Start of Material to process

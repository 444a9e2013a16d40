//! Closing the files of a disc and a rack at the end of a run.
#![tactic(auto)]

mod files;

pub use files::{close, close_pair};
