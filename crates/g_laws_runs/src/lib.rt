//! Further laws of every run, besides those of `g_run_model`: a whole run works on one tree; the steps that a dump takes;
//! the dumps that are completed; and what is left by lines that are refused while the system is down.
#![tactic(auto)]

ghost use Rattle.g_laws_runs.specs.BeginningAnew.{EmptiedStand, FormatsAnew};
ghost use Rattle.g_laws_runs.specs.Completion.{DumpsComplete, DumpsGoOn};
ghost use Rattle.g_laws_runs.specs.Cuts.{TapesCutNoCall};
ghost use Rattle.g_laws_runs.specs.Dumps.{DumpsStay, DumpsTakeNeeds};
ghost use Rattle.g_laws_runs.specs.Filestores.{DevicesKeepFilestores, FilestoresStay};
ghost use Rattle.g_laws_runs.specs.NewDevices.{NewDevicesStand, NotStateless, StandingIsReading, StatesAreOne};
ghost use Rattle.g_laws_runs.specs.Fuses.{ArmedBurns, ArmingsGo, DiscSpends, NumberIsLast, RackSpends, RacksBurn, UnarmedBurns};
ghost use Rattle.g_laws_runs.specs.LaterRuns.{LaterRunsKeep, StartIsBehind};
ghost use Rattle.g_laws_runs.specs.NoLoss.{NothingIsLost};
ghost use Rattle.g_laws_runs.specs.OneTree.{RunsOnOneTree};
ghost use Rattle.g_laws_runs.specs.Reels.{CompletedDumpsStay, ProcessLeavesLists};
ghost use Rattle.g_laws_runs.specs.RefusedLines.{RefusedLinesLeave, StartStillHasTheTree};
ghost use Rattle.g_laws_runs.specs.Turns.{TurnsPrintPlainly};
ghost use Rattle.g_laws_runs.specs.FaultlessRuns.{UnrisenIsPlain, UnrisenTextIsOne};

use g_laws_store::some_state;
use g_rules::{Charge, Standing, Usage};
use g_run_model::{dumps_come_to_an_end, text_is_one};
use g_store_meaning::one_state;
use g_store_model::{process_keeps_all, step_is_plain};

/// A line that leaves the system down, and in which no write failed, leaves the tree unchanged; this includes a refused
/// FORMAT, START or RESTORE.
pub fn refused_lines_leave_the_tree<F: Fn(&Usage) -> Charge, U: Fn(&Standing) -> u64>()
    ensures { (tariff : F) (rule : U) → RefusedLinesLeave F.Fn tariff U.Fn rule }
{
    step_is_plain();
}

/// After a move that stopped the system START has the tree before that move or after it, even if FORMAT or RESTORE was
/// refused in between.
pub fn start_still_has_the_tree<F: Fn(&Usage) -> Charge, U: Fn(&Standing) -> u64>()
    ensures { (tariff : F) (rule : U) → StartStillHasTheTree F.Fn tariff U.Fn rule }
{
    step_is_plain();
}

/// A whole run works on one tree: each call of each job is answered for the tree that the moves before it left, as the
/// plain tree answers it, apart from waits, device errors and stops; and no other move changes it except FORMAT and
/// RESTORE.
pub fn jobs_run_on_one_tree<F: Fn(&Usage) -> Charge, U: Fn(&Standing) -> u64>()
    ensures { (tariff : F) (rule : U) → RunsOnOneTree F.Fn tariff U.Fn rule }
{
    step_is_plain();
}

/// Only a step of the open dump changes its progress.
pub fn open_dumps_stay<F: Fn(&Usage) -> Charge, U: Fn(&Standing) -> u64>()
    ensures { (tariff : F) (rule : U) → DumpsStay F.Fn tariff U.Fn rule }
{}

/// In a run a dump takes at most the steps that it needs.
pub fn dumps_take_their_needs<F: Fn(&Usage) -> Charge, U: Fn(&Standing) -> u64>()
    ensures { (tariff : F) (rule : U) → DumpsTakeNeeds F.Fn tariff U.Fn rule }
{
    dumps_come_to_an_end::<F, U>();
}

/// In a run without a PROCESS each reel has its completed dumps, in their order, and others are only appended: at most one
/// for each dump step.
pub fn completed_dumps_stay<F: Fn(&Usage) -> Charge, U: Fn(&Standing) -> u64>()
    ensures { (tariff : F) (rule : U) → CompletedDumpsStay F.Fn tariff U.Fn rule }
{}

/// After any move, even one that was interrupted while the system was down, START has the tree before that move or after
/// it.
pub fn start_is_behind_any_move<F: Fn(&Usage) -> Charge, U: Fn(&Standing) -> u64>()
    ensures { (tariff : F) (rule : U) → StartIsBehind F.Fn tariff U.Fn rule }
{
    step_is_plain();
}

/// In a later run, of any script, on the devices that a run left, START has the tree that this run left.
pub fn later_runs_keep_the_tree<F: Fn(&Usage) -> Charge, U: Fn(&Standing) -> u64>()
    ensures { (tariff : F) (rule : U) → LaterRunsKeep F.Fn tariff U.Fn rule }
{
    step_is_plain();
    one_state();
}

/// Every turn runs on the tree that it meets: its program is answered as on a plain file tree, and the job's monitoring
/// file is what the end of a turn makes of the text that the program returns.
pub fn turns_print_plainly<F: Fn(&Usage) -> Charge, U: Fn(&Standing) -> u64>()
    ensures { (tariff : F) (rule : U) → TurnsPrintPlainly F.Fn tariff U.Fn rule }
{
    step_is_plain();
}

/// If no device fails an open dump progresses by one step at a time, until its last one completes it.
pub fn undisturbed_dumps_complete<F: Fn(&Usage) -> Charge, U: Fn(&Standing) -> u64>()
    ensures going { (tariff : F) (rule : U) → DumpsGoOn F.Fn tariff U.Fn rule }
    ensures needs { (tariff : F) (rule : U) → DumpsComplete F.Fn tariff U.Fn rule }
{}

/// In no run on devices that belong together does a RESTORE name a lost directory or a lost copy.
pub fn nothing_is_lost<F: Fn(&Usage) -> Charge, U: Fn(&Standing) -> u64>()
    ensures { (tariff : F) (rule : U) → NothingIsLost F.Fn tariff U.Fn rule }
{}

/// If no fault counter rose, no move of a run has a failure.
pub fn unrisen_runs_are_plain()
    ensures { UnrisenIsPlain }
{}

/// Two runs of one script on devices that represent the same state, in which no fault counter rose and turns were charged
/// alike, have the same text.
pub fn unrisen_text_is_one<F: Fn(&Usage) -> Charge, U: Fn(&Standing) -> u64>()
    ensures { (tariff : F) (rule : U) → UnrisenTextIsOne F.Fn tariff U.Fn rule }
{
    text_is_one::<F, U>();
}

/// Devices that expose their contents and belong together represent exactly one state, which is what they are read as. New
/// devices represent one without a filestore, and so do a new disc and any reels that were emptied.
pub fn devices_have_one_state()
    ensures some { NotStateless }
    ensures one { StatesAreOne }
    ensures reading { StandingIsReading }
    ensures new { NewDevicesStand }
    ensures emptied { EmptiedStand }
{
    some_state();
    one_state();
}

/// A store that FORMAT created on reels without blocks, for any contents of the disc, represents the state that FORMAT
/// makes of that of a new disc and the same reels.
#[tactic(auto, using(crate::proofs::AnewLemmas::formats_anew))]
pub fn formats_begin_anew()
    ensures { FormatsAnew }
{}

/// A store that holds a filestore still does after any run, including all failures; and so do its devices.
pub fn filestores_stay<F: Fn(&Usage) -> Charge, U: Fn(&Standing) -> u64>()
    ensures states { (tariff : F) (rule : U) → FilestoresStay F.Fn tariff U.Fn rule }
    ensures devices { (tariff : F) (rule : U) → DevicesKeepFilestores F.Fn tariff U.Fn rule }
{}

/// If the disc counted no failed write, no call of a run was interrupted, and no line except a PROCESS: a failed write of a
/// reel interrupts only a dump step or a PROCESS.
pub fn tapes_cut_no_call()
    ensures { TapesCutNoCall }
{}

/// A device's fuse depends on the last STOP line that armed it, and on the writes since; if there was none, on the old fuse
/// and all writes. A device that was armed in a call is spent only by the writes of that call. The laws assume that the
/// counters aren't saturated.
#[tactic(auto, using(crate::proofs::FuseLemmas::armings_go, crate::proofs::FuseLemmas::number_is_last, crate::proofs::FuseLemmas::unarmed_burns, crate::proofs::FuseLemmas::armed_burns, crate::proofs::FuseLemmas::racks_burn, crate::proofs::FuseLemmas::disc_spends, crate::proofs::FuseLemmas::rack_spends))]
pub fn fuses_go_by_lines()
    ensures armings { ArmingsGo }
    ensures numbers { NumberIsLast }
    ensures unarmed { UnarmedBurns }
    ensures armed { ArmedBurns }
    ensures racks { RacksBurn }
    ensures disc_spends { DiscSpends }
    ensures rack_spends { RackSpends }
{}

/// PROCESS leaves the previous completed dumps; or its own dump is complete on its reel, with the current tree, and some of
/// the other reels have none any more.
pub fn process_leaves_lists<F: Fn(&Usage) -> Charge, U: Fn(&Standing) -> u64>()
    ensures { (tariff : F) (rule : U) → ProcessLeavesLists F.Fn tariff U.Fn rule }
{
    process_keeps_all();
}
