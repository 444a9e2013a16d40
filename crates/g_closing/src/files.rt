//! What is buffered reaches the files.
ghost use Rattle.g_closing.specs.Files.{Closes, ClosesPair};

use g_files::{FileDisc, FileTapes, RawFile};

/// Writes to the files what a run buffered, cuts off what failed calls left after the reels, syncs what the run wrote, and returns whether all
/// of that succeeded. If it fails for one file, the others are closed all the same.
pub fn close<F: RawFile + Drop, L: Drop>(
    disc: &mut FileDisc<F>,
    tapes: &mut FileTapes<F, L>,
) -> bool
    ensures closes { Closes result disc.old disc.new tapes.old tapes.new }
{
    let saved = disc.finish().is_ok();
    let finished = tapes.finish().is_ok();
    saved && finished
}

/// The same for two racks.
pub fn close_pair<F: RawFile + Drop, L: Drop>(
    disc: &mut FileDisc<F>,
    first: &mut FileTapes<F, L>,
    second: &mut FileTapes<F, L>,
) -> bool
    ensures closes { ClosesPair result disc.old disc.new first.old first.new second.old second.new }
{
    let saved = close(disc, first);
    let finished = second.finish().is_ok();
    saved && finished
}
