//! The completed dumps of a reel, read from its first block on.
ghost use Rattle.std.specs.Prelude.{◌≡◌, ◌≤◌, IfOk, List, map};
ghost use Rattle.std.specs.Option.{ForSome};
ghost use Rattle.g_tape.specs.Rack.{reel};
ghost use Rattle.g_incr.specs.Layout.{Dump};
ghost use Rattle.g_incr.specs.Reading.{ReadsReel};
ghost use Rattle.g_shelf.specs.CompletedDumps.{end_of};
ghost use Rattle.g_shelf.specs.FoundDumps.{AreRead, note_of};

use crate::walk::{OfDump, end_block, read_reel};
use g_incr::{DumpDir, DumpNote, ShelfFault};
use g_tape::Tapes;
use std::alloc::Global;

impl OfDump for DumpNote {
    ghost use Rattle.std.specs.Prelude.{◌≡◌};
    ghost use Rattle.g_shelf.specs.FoundDumps.{note_of};

    ghost is_of = { λ note d. note ≡ note_of d };

    fn of_dump(_serial: u32, dir: DumpDir) -> DumpNote {
        dir.note
    }
}

/// The completed dumps of the reel (docs/FORMATS.md): the complete ones that follow one another from its first block on,
/// with increasing numbers. Their content isn't read. `NoTape`, `NotMounted`, `ReadFault`, `NoMemory`; the reel's content
/// is unchanged.
pub fn completed<T: Tapes>(
    alloc: Global,
    tapes: &mut T,
    serial: u32,
) -> Result<Vec<DumpNote>, ShelfFault>
    ensures reads { ReadsReel serial result (T.rack tapes.old) (T.rack tapes.new) }
    ensures found { IfOk result (λ notes. (dumps : List Dump)
        × AreRead serial dumps (T.rack tapes.old) (T.rack tapes.new) × (notes.items ≡ map note_of dumps)) }
{
    let mut notes = Vec::new(alloc);
    match read_reel(alloc, tapes, serial, &mut notes) {
        Ok(()) => Ok(notes),
        Err(fault) => Err(fault),
    }
}

/// The block after the completed dumps of the reel, at most the reel's length in blocks. `NoTape`, `NotMounted`,
/// `ReadFault`, `NoMemory`; the reel's content is unchanged.
pub fn end_of<T: Tapes>(alloc: Global, tapes: &mut T, serial: u32) -> Result<u32, ShelfFault>
    ensures reads { ReadsReel serial result (T.rack tapes.old) (T.rack tapes.new) }
    ensures end { IfOk result (λ end. (dumps : List Dump)
        × AreRead serial dumps (T.rack tapes.old) (T.rack tapes.new) × (end ≡ end_of dumps)) }
    ensures fits { IfOk result (λ end. ForSome (reel serial (T.rack tapes.old).reels) (λ r. end ≤ r.len)) }
{
    let notes = completed(alloc, tapes, serial)?;
    match notes.last() {
        Some(note) => Ok(end_block(note)),
        None => Ok(0),
    }
}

End of Material to process

• [Task goal] Pull each line containing "left" from the records.

• [Problem solution]
//! the dumps that are completed; and what is left by lines that are refused while the system is down.
/// A whole run works on one tree: each call of each job is answered for the tree that the moves before it left, as the
/// In a later run, of any script, on the devices that a run left, START has the tree that this run left.
/// Writes to the files what a run buffered, cuts off what failed calls left after the reels, syncs what the run wrote, and returns whether all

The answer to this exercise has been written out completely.